Sí, como anuncio, está muy bonito. Los modelos, muy guapos, pero no nos hagamos tontos, no es un comercial de papel de baño.

Es un material de precampaña que usted y yo pagamos, que altera la economía de todos los canales en donde sale y desde esa perspectiva es una desgracia.

Para empezar, no tiene estructura. Por eso inicia sin logotipos, sin advertirnos de qué se trata, sin sentido.

Y para acabar, no nos informa de nada, no nos invita a nada y nos confunde.

¿En dónde radica esa confusión? No nada más en el hecho de que, en lugar de rematar con una afirmación, acaba preguntándonos algo tan hilarante como “¿Eres turquesa?”.

No, esto nos confunde porque parece un promo de maestros de primaria pública, pero de Florida o California, porque nuestras escuelas públicas no son así.

¿Qué le hubiera costado a los responsables de este corto grabar en escuelas de verdad, con maestros auténticos y sacando sus cédulas profesionales, en lugar de sus direcciones de internet, para darle credibilidad al spot?

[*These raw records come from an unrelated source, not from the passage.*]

//! The names of the members of responses and events, each of them once. Those that requests have too are
//! `protocol`'s.

pub use protocol::members::{COMMAND, EVENT, RESPONSE, SEQ, THREAD_ID, TYPE};

/// The number of the request that is answered (`Response.request_seq`).
pub const REQUEST_SEQ: &str = "request_seq";
/// Whether the request succeeded (`Response.success`).
pub const SUCCESS: &str = "success";
/// The name of the refusal (`Response.message`), why a breakpoint is not set (`Breakpoint.message`).
pub const MESSAGE: &str = "message";
/// What the answer or the event is made of (`Response.body`, `Event.body`).
pub const BODY: &str = "body";
/// What is said of a refusal (`ErrorResponse.body.error`).
pub const ERROR: &str = "error";
/// The number of a refusal (`Message.id`), of a thread (`Thread.id`).
pub const ID: &str = "id";
/// The text of a refusal for people (`Message.format`).
pub const FORMAT: &str = "format";
/// Which threads there are (`ThreadsResponse.body.threads`).
pub const THREADS: &str = "threads";
/// The name of a thread (`Thread.name`).
pub const NAME: &str = "name";
/// The number of a column (`StackFrame.column`).
pub const COLUMN: &str = "column";
/// The address at which a frame is (`StackFrame.instructionPointerReference`).
pub const INSTRUCTION_POINTER_REFERENCE: &str = "instructionPointerReference";
/// The number of a line (`StackFrame.line`, `Breakpoint.line`).
pub const LINE: &str = "line";
/// Where a source is (`Source.path`).
pub const PATH: &str = "path";
/// The source of a line (`StackFrame.source`).
pub const SOURCE: &str = "source";
/// The frames of a stopped program (`StackTraceResponse.body.stackFrames`).
pub const STACK_FRAMES: &str = "stackFrames";
/// How many frames there are (`StackTraceResponse.body.totalFrames`).
pub const TOTAL_FRAMES: &str = "totalFrames";
/// Whether every thread continues (`ContinueResponse.body.allThreadsContinued`, `ContinuedEvent`).
pub const ALL_THREADS_CONTINUED: &str = "allThreadsContinued";
/// What became of breakpoints (`SetBreakpointsResponse.body.breakpoints`).
pub const BREAKPOINTS: &str = "breakpoints";
/// The address of a breakpoint (`Breakpoint.instructionReference`).
pub const INSTRUCTION_REFERENCE: &str = "instructionReference";
/// Whether a breakpoint is set (`Breakpoint.verified`).
pub const VERIFIED: &str = "verified";
/// The groups of variables of a frame (`ScopesResponse.body.scopes`).
pub const SCOPES: &str = "scopes";
/// Whether a group of variables is expensive to show (`Scope.expensive`).
pub const EXPENSIVE: &str = "expensive";
/// How to show something (`Scope.presentationHint`, `DisassembledInstruction.presentationHint`).
pub const PRESENTATION_HINT: &str = "presentationHint";
/// The number of a group of variables, 0 for none (`Scope.variablesReference`).
pub const VARIABLES_REFERENCE: &str = "variablesReference";
/// Variables (`VariablesResponse.body.variables`).
pub const VARIABLES: &str = "variables";
/// The value of a variable (`Variable.value`).
pub const VALUE: &str = "value";
/// The value of an expression (`EvaluateResponse.body.result`).
pub const RESULT: &str = "result";
/// How many bytes were written (`WriteMemoryResponse.body.bytesWritten`).
pub const BYTES_WRITTEN: &str = "bytesWritten";
/// The name of an event (`Event.event`).
pub const EVENT_NAME: &str = "event";
/// Whether every thread stopped (`StoppedEvent.body.allThreadsStopped`).
pub const ALL_THREADS_STOPPED: &str = "allThreadsStopped";
/// The breakpoints that stopped the program (`StoppedEvent.body.hitBreakpointIds`).
pub const HIT_BREAKPOINT_IDS: &str = "hitBreakpointIds";
/// Why the program stopped (`StoppedEvent.body.reason`).
pub const REASON: &str = "reason";
/// What more is to say of the reason (`StoppedEvent.body.text`).
pub const TEXT: &str = "text";
/// Whose output it is (`OutputEvent.body.category`).
pub const CATEGORY: &str = "category";
/// The text to show (`OutputEvent.body.output`).
pub const OUTPUT: &str = "output";
/// The program's exit code (`ExitedEvent.body.exitCode`).
pub const EXIT_CODE: &str = "exitCode";
/// An address (`DisassembledInstruction.address`, `ReadMemoryResponse.body.address`).
pub const ADDRESS: &str = "address";
/// The text of an instruction (`DisassembledInstruction.instruction`).
pub const INSTRUCTION: &str = "instruction";
/// The bytes of an instruction (`DisassembledInstruction.instructionBytes`).
pub const INSTRUCTION_BYTES: &str = "instructionBytes";
/// The instructions at an address (`DisassembleResponse.body.instructions`).
pub const INSTRUCTIONS: &str = "instructions";
/// Bytes of memory (`ReadMemoryResponse.body.data`).
pub const DATA: &str = "data";
/// How many bytes of memory cannot be read (`ReadMemoryResponse.body.unreadableBytes`).
pub const UNREADABLE_BYTES: &str = "unreadableBytes";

¿Qué le hubiera costado a esta gente hacer las cosas bien, no nada más en términos de apariencias, y explicarnos, por ejemplo, qué ha hecho su partido desde que se fundó?

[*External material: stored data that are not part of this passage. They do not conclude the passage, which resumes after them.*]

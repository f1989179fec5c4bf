//! The rules of a form, each by itself.

ghost use Rattle.std.specs.Prelude.{◌≡◌, ◌+◌, ◌↔◌, ℕ, IfOk, IsTrue, MatchOption, length};
ghost use Rattle.linear_algebra.specs.Products.{IsInverse};
ghost use Rattle.mixed_model.specs.Layers.{layered_matrix_of};
ghost use Rattle.mixed_model.specs.Models.{mixed_matrix_of};
ghost use Rattle.cert_text.specs.Contents.{numbered_rows};
ghost use Rattle.cert_text.specs.Printing.{PrintsMatrix};
ghost use Rattle.cert_text.specs.Readings.{matrix_of, ColumnsDiffer, StandsOnce, column_lists};
ghost use Rattle.cert_text.specs.Right.{HasShape, HasProduct, HasUnitColumns};
ghost use Rattle.cert_text.specs.Rules.{HasMatching, HasPlacedRows};
ghost use Rattle.cert_checker.specs.Checking.{HasSizes, IsCounted, IsTransformed, PrintsSymbols};
ghost use Rattle.cert_checker.specs.Standing.{Not, TellsPlaces};

use crate::matching::{are_symbols, columns_differ};
use crate::matrices::{rows_of, unit_rows};
use crate::placing::stand_with_columns;
use crate::products::is_product;
use crate::standing::{Member, places_of};
use crate::symbols::has_symbols;
use crate::units::are_units;
use cert_text::{Ccf, Items, Shape};
use mixed_model::{Layered, Mixed};
use out_of_memory::NoMemory;
use residue_field::Field;
use sparse_t::Pattern;
use std::alloc::Global;

/// Rule 2: the printed sizes are those of the model and of its layered matrix.
pub fn has_shape<F: Field>(model: &Mixed<F>, layered: &Layered<F>, form: &Ccf<F>) -> bool
    ensures { IsTrue result ↔ HasShape (mixed_matrix_of model.now) (layered_matrix_of layered.now) form.now }
{
    let found = Shape {
        equations: model.equations(),
        unknowns: model.unknowns(),
        q_rows: layered.q_rows(),
        t_rows: layered.t_rows(),
        columns: layered.columns(),
    };
    form.shape() == found
}

/// Rule 3: the product of S and U is the unit matrix.
pub fn has_inverse<F: Field>(
    alloc: Global,
    layered: &Layered<F>,
    form: &Ccf<F>,
) -> Result<bool, NoMemory>
    requires { HasSizes (layered_matrix_of layered.now) form.now }
    ensures { IfOk result (λ answer. IsTrue answer ↔ IsInverse F.modulus (layered_matrix_of layered.now).q_rows
        (matrix_of form.now.s) (matrix_of form.now.u)) }
{
    let n = layered.q_rows();
    let unit = unit_rows(alloc, n)?;
    is_product(
        alloc,
        form.s().as_slice(),
        form.u().as_slice(),
        n,
        unit.as_slice(),
    )
}

// The rows of symbols.
fn symbols<F: Field>(layered: &Layered<F>) -> &Pattern
    ensures { result.now ≡ layered.now.t }
{
    &layered.t
}

// The printed rows of the constants.
fn constants_of<F: Field>(
    alloc: Global,
    layered: &Layered<F>,
) -> Result<Items<Items<(usize, F)>>, NoMemory>
    ensures { IfOk result (λ rows. PrintsMatrix F.modulus (layered_matrix_of layered.now).q_rows
        (layered_matrix_of layered.now).columns (layered_matrix_of layered.now).q (numbered_rows F.number rows)) }
{
    rows_of(alloc, &layered.q)
}

// Whether P is S times the constants.
fn is_transformed<F: Field>(
    alloc: Global,
    layered: &Layered<F>,
    form: &Ccf<F>,
) -> Result<bool, NoMemory>
    requires { HasSizes (layered_matrix_of layered.now) form.now }
    ensures { IfOk result (λ answer. IsTrue answer ↔ IsTransformed F.modulus (layered_matrix_of layered.now) form.now) }
{
    let constants = constants_of(alloc, layered)?;
    is_product(
        alloc,
        form.s().as_slice(),
        constants.as_slice(),
        layered.columns(),
        form.p().as_slice(),
    )
}

// Whether the T lines are the rows of symbols.
fn prints_symbols<F: Field>(layered: &Layered<F>, form: &Ccf<F>) -> bool
    requires { HasSizes (layered_matrix_of layered.now) form.now }
    ensures { IsTrue result ↔ PrintsSymbols (layered_matrix_of layered.now) form.now }
{
    layered.are_layers();
    has_symbols(form.t().as_slice(), symbols(layered))
}

/// Rule 4: P is S times the constants, and the T lines are the rows of symbols.
pub fn has_product<F: Field>(
    alloc: Global,
    layered: &Layered<F>,
    form: &Ccf<F>,
) -> Result<bool, NoMemory>
    requires { HasSizes (layered_matrix_of layered.now) form.now }
    ensures { IfOk result (λ answer.
        IsTrue answer ↔ HasProduct F.modulus (layered_matrix_of layered.now) form.now) }
{
    if !is_transformed(alloc, layered, form)? {
        return Ok(false);
    }
    Ok(prints_symbols(layered, form))
}

/// Rule 5: for each item of the base, its column of P is 1 at its row and 0 elsewhere.
pub fn has_unit_columns<F: Field>(
    alloc: Global,
    layered: &Layered<F>,
    form: &Ccf<F>,
) -> Result<bool, NoMemory>
    requires { HasSizes (layered_matrix_of layered.now) form.now }
    ensures { IfOk result (λ answer.
        IsTrue answer ↔ HasUnitColumns F.modulus (layered_matrix_of layered.now) form.now) }
{
    are_units(
        alloc,
        form.p().as_slice(),
        form.base().as_slice(),
        layered.columns(),
    )
}

/// Rule 6: each matched row has a symbol at its column, and all columns of base and match differ.
pub fn has_matching<F: Field>(
    alloc: Global,
    layered: &Layered<F>,
    form: &Ccf<F>,
) -> Result<bool, NoMemory>
    requires { HasSizes (layered_matrix_of layered.now) form.now }
    ensures { IfOk result (λ answer. IsTrue answer ↔ HasMatching (layered_matrix_of layered.now) form.now) }
{
    layered.are_layers();
    let mates = form.mates().as_slice();
    if !are_symbols(symbols(layered), mates) {
        return Ok(false);
    }
    columns_differ(alloc, form.base().as_slice(), mates, layered.columns())
}

/// Rule 7: the rank with the number of columns is the number of unknowns with that of the items of base and match.
pub fn is_counted<F: Field>(model: &Mixed<F>, layered: &Layered<F>, form: &Ccf<F>) -> bool
    requires { HasSizes (layered_matrix_of layered.now) form.now }
    ensures { IsTrue result ↔ IsCounted (mixed_matrix_of model.now) (layered_matrix_of layered.now) form.now }
{
    let items = form.base().as_slice().len() + form.mates().as_slice().len();
    form.rank() + layered.columns() == model.unknowns() + items
}

/// Rule 8: the part in which each column stands, counted from 1, if each stands in exactly one.
pub fn column_places<F: Field>(
    alloc: Global,
    layered: &Layered<F>,
    form: &Ccf<F>,
) -> Result<Option<Vec<usize>>, NoMemory>
    requires { HasSizes (layered_matrix_of layered.now) form.now }
    ensures { IfOk result (λ found. MatchOption found
        (Not (StandsOnce (layered_matrix_of layered.now).columns (column_lists form.now)))
        (λ places. TellsPlaces (layered_matrix_of layered.now).columns (column_lists form.now) places.items)) }
{
    places_of(alloc, form, Member::Column, layered.columns())
}

/// Rule 9: each row of base or match stands in the part of its column, each other row in the last tail, and nowhere
/// else. `columns` has the part of each column.
pub fn has_placed_rows<F: Field>(
    alloc: Global,
    layered: &Layered<F>,
    form: &Ccf<F>,
    columns: &[usize],
) -> Result<bool, NoMemory>
    requires sizes { HasSizes (layered_matrix_of layered.now) form.now }
    requires differ { ColumnsDiffer form.now.base form.now.mates }
    requires places { TellsPlaces (layered_matrix_of layered.now).columns (column_lists form.now) columns.now }
    ensures { IfOk result (λ answer. IsTrue answer ↔ HasPlacedRows (layered_matrix_of layered.now) form.now) }
{
    let Some(q_rows) = places_of(alloc, form, Member::QRow, layered.q_rows())? else {
        return Ok(false);
    };
    let Some(t_rows) = places_of(alloc, form, Member::TRow, layered.t_rows())? else {
        return Ok(false);
    };
    let last = form.blocks().as_slice().len() + 2;
    if !stand_with_columns(alloc, &q_rows, form.base().as_slice(), columns, last)? {
        return Ok(false);
    }
    stand_with_columns(alloc, &t_rows, form.mates().as_slice(), columns, last)
}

No, y ni nos metamos con la parte de las palabras, porque entonces sí lloramos.

¿Cómo está eso, por ejemplo, de “reconocer en la ignorancia a nuestro peor enemigo”?

¿Dicen lo de “en la ignorancia” porque se autodefinen como ignorantes o porque “la ignorancia” debe ser “nuestro peor enemigo”?

Mire, para acabar pronto, esto es una burla, un despilfarro de recursos, una pérdida de tiempo. ¿O usted qué opina?